Renewed sectarian clashes in Dahshur injure 15 security officers | Egypt Independent

No comment.........


It will just be very interesting to see what reaction Morsi and his gang are gonna take after this


----------



## expatagogo (May 31, 2010)

DeadGuy said:


> Renewed sectarian clashes in Dahshur injure 15 security officers | Egypt Independent
> 
> No comment.........
> 
> ...


There won't be any reaction.

Instead, meet the new boss, same as the old boss, will let the judicial system handle it and, as always, you-know-which-group will be wrong.


----------



## DeadGuy (Jan 22, 2010)

expatagogo said:


> There won't be any reaction.
> 
> Instead, meet the new boss, same as the old boss, will let the judicial system handle it and, as always, you-know-which-group will be wrong.
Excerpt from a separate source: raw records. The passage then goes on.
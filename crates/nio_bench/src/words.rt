//! Steps on the shared table, by one caller in one thread.
ghost use Rattle.std.specs.Prelude.{◌≡◌, true, IsTrue};
ghost use Rattle.nio_history.specs.Conditions.{IsChannel, IsKey, IsSelector, has_pin};
ghost use Rattle.nio_words.specs.Passes.{IsReady, limits_of, state_seen};

use anyhow::bail;
use nio_base::{CallerNo, ChanNo, Kind, Limits, Ops, SelNo};
use nio_words::{Pass, Words};
use std::alloc::Global;
use std::rt::Runtime;
use std::time::Instant;

/// How many steps of each kind are timed.
const STEPS: u32 = 10_000_000;

const TABLE: Limits = Limits {
    callers: 1,
    selectors: 1,
    channels: 1,
    keys: 1,
};

/// Prints how long ten million wakeups, looks at a gate and changes of an interest set took.
pub fn measure<R: Runtime<A = Global>>(rt: &R) -> anyhow::Result<()> {
    run(rt, STEPS)
}

/// Makes so many steps of each kind, and prints the nanoseconds that each kind took.
pub fn run<R: Runtime<A = Global>>(rt: &R, turns: u32) -> anyhow::Result<()> {
    let (words, mut p) = Words::make(rt.alloc(), TABLE)?;
    let (me, s) = (CallerNo(0), SelNo(0));
    if words.draw(&mut p, me).is_err() || words.make_selector(&mut p, me, s) {
        bail!("the table isn't new");
    }
    let start = Instant::now(rt)?;
    wakes(&words, &mut p, me, s, turns);
    let woken = start.elapsed(rt)?;
    if !pins(&words, &mut p, me, s, ChanNo(0)) {
        bail!("the index isn't new");
    }
    swaps(&words, &mut p, me, s, turns);
    let swapped = start.elapsed(rt)?;
    looks(&words, &mut p, me, s, turns);
    let looked = start.elapsed(rt)?;
    println!(rt;
        "calls {} wake {} swap_interest {} look_gate {}",
        turns,
        woken.as_nanos(),
        (swapped.saturating_sub(woken)).as_nanos(),
        (looked.saturating_sub(swapped)).as_nanos()
    )?;
    Ok(())
}

fn wakes(words: &Words, p: &mut Pass, me: CallerNo, s: SelNo, turns: u32)
    requires ready { IsReady words.now p.old me }
    requires selector { IsSelector (limits_of words.now) s }
    requires made { IsTrue ((state_seen p.old).selector s.0) }
    ensures { IsReady words.now p.new me }
{
    for _ in 0..turns {
        words.wake(p, me, s);
    }
}

/// Claims index 0 for a new channel, which pins it. Says whether it did.
fn pins(words: &Words, p: &mut Pass, me: CallerNo, s: SelNo, c: ChanNo) -> bool
    requires ready { IsReady words.now p.old me }
    requires key { IsKey (limits_of words.now) s 0 }
    requires channel { IsChannel (limits_of words.now) c }
    requires first { c.0 ≡ 0 }
    ensures ready { IsReady words.now p.new me }
    ensures pinned { result ≡ true → IsTrue (has_pin (state_seen p.new) me s 0) }
{
    words.make_channel(p, me, c, Kind::Source);
    if !words.look_channel(p, me, c).made {
        return false;
    }
    if words.try_hold_bit(p, me, c).is_some() {
        return false;
    }
    !words.claim(p, me, s, 0, c)
}

fn looks(words: &Words, p: &mut Pass, me: CallerNo, s: SelNo, turns: u32)
    requires ready { IsReady words.now p.old me }
    requires selector { IsSelector (limits_of words.now) s }
    ensures { IsReady words.now p.new me }
{
    for _ in 0..turns {
        words.look_gate(p, me, s);
    }
}

fn swaps(words: &Words, p: &mut Pass, me: CallerNo, s: SelNo, turns: u32)
    requires ready { IsReady words.now p.old me }
    requires key { IsKey (limits_of words.now) s 0 }
    requires pinned { IsTrue (has_pin (state_seen p.old) me s 0) }
    ensures { IsReady words.now p.new me }
{
    words.touch(p, me, s, 0);
    for turn in 0..turns {
        words.swap_interest(p, me, s, 0, Ops::of((turn % 256) as u8));
    }
}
Wouldn't really mind it if the new ar$e turned out to be the same old one, cause so far, and not only concerning this specific "situation", he seems to be a lot worse........:ranger:


----------



## expatagogo (May 31, 2010)

I knew it!

ElBaradei calls for harsh punishment to deter sectarian strife in Egypt - Politics - Egypt - Ahram Online

_Egyptian President Mohamed Morsi has ordered authorities to punish the culprits of recent sectarian clashes in the town of Dahshur, Giza "to the full extent of the law," Morsi spokesman Yasser Ali said Thursday.

"President Morsi closely monitored the Dahshur incident yesterday and today," Ali said. "His Excellency has ordered the relevant authorities to strictly implement the law and not allow anyone to violate it."

"He stressed that warm relations between Egyptian citizens, Muslims and Christians, should remain intact," the presidential spokesman added. "He also underscored that he would never allow anyone to attack public or private property or terrorise any Egyptian citizen."_

Leave it to the "authorities."


----------



## DeadGuy (Jan 22, 2010)

expatagogo said:


> I knew it!
> 
> ElBaradei calls for harsh punishment to deter sectarian strife in Egypt - Politics - Egypt - Ahram Online
> 
> ...


Exactly........

And like you said earlier, it's obvious which "group" was "wrong"...........I mean the Christian guy did burn the Muslim guy's shirt after all! How dare he


----------